# trenching rates



## FrunkSlammer

I charge minimum wage when I dig, because that's all it's worth.


----------



## svh19044

I don't charge the customer a "per foot price", just a flat rate price with my own per foot prices built in. 

2' deep trench is about $10/foot with a $500 min. If there are lots of trees or I know the area is more rocky, the price is closer to $15/ft.


----------



## 24 big guy

svh19044 said:


> I don't charge the customer a "per foot price", just a flat rate price with my own per foot prices built in.
> 
> 2' deep trench is about $10/foot with a $500 min. If there are lots of trees or I know the area is more rocky, the price is closer to $15/ft.


Im not charging the customer a per ft rate im trying to figur out what is the rate for labor on trenching and productivity. 
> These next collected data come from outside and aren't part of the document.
//! What the tokens of a query stand for: the characters of IRIs, prefixes and local names, the names of variables,
//! and terms, each as its canonical text. The rules of the tokens say the same as relations, and laws tie the two.
#![tactic(auto)]

mod terms;
mod value_laws;
mod values;

pub use terms::{
    boolean_term, iri_term, number_term, plain_term, tagged_term, type_term, typed_term,
};
pub use value_laws::{
    iris_stand_for_what_they_spell, literals_are_terms, local_names_stand_for_what_they_spell,
    numbers_and_truth_values_are_typed, prefixes_stand_before_the_colon,
    strings_stand_for_what_they_spell, tags_stand_for_themselves_in_lower_case, tokens_are_spelled,
    variables_are_named_after_their_mark,
};
pub use values::{iri, prefix, prefixed_iri, variable_name};

#[cfg(test)]
mod value_tests;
Meaninng on average normal helper can dig an 18"-2' deep trench of 10' per hr thats an examplr.


----------



## chicken steve

It costs anywhere from $75-$150 hr for a machine , plus delivery & dig safe costs . 

That said, do you really want my _haz-been grumpy 'ol posterior_ to take 3 days to go 130', or do you want a machine to knock it off & backfill it by lunch?

~CS~


----------



## Kunolop

chicken steve said:


> It costs anywhere from $75-$150 hr for a machine , plus delivery & dig safe costs . That said, do you really want my haz-been grumpy 'ol posterior to take 3 days to go 130', or do you want a machine to knock it off & backfill it by lunch? ~CS~


I agree, we don't dig by hand unless it's absolutely necessary. We rent the the correct size mini excavator and do it ourselves or sub it out on bigger projects. As for pricing, I don't break out the trench I include the pricing in my quote for the complete job. I have had homeowners ask if they can dig the trench themselves to save money which is fine, but then I give them back 75% of my costs to dig it, so we're making more profit. Digging with a machine is easy to estimate, rental, delivery, diesel, and a couple hours to dig and backfill. Once you get good with the machines controls the machine rental and delivery will be cheaper than digging by hand.


----------



## 24 big guy

Kunolop said:


> I agree, we don't dig by hand unless it's absolutely necessary. We rent the the correct size mini excavator and do it ourselves or sub it out on bigger projects. As for pricing, I don't break out the trench I include the pricing in my quote for the complete job. I have had homeowners ask if they can dig the trench themselves to save money which is fine, but then I give them back 75% of my costs to dig it, so we're making more profit. Digging with a machine is easy to estimate, rental, delivery, diesel, and a couple hours to dig and backfill. Once you get good with the machines controls the machine rental and delivery will be cheaper than digging by hand.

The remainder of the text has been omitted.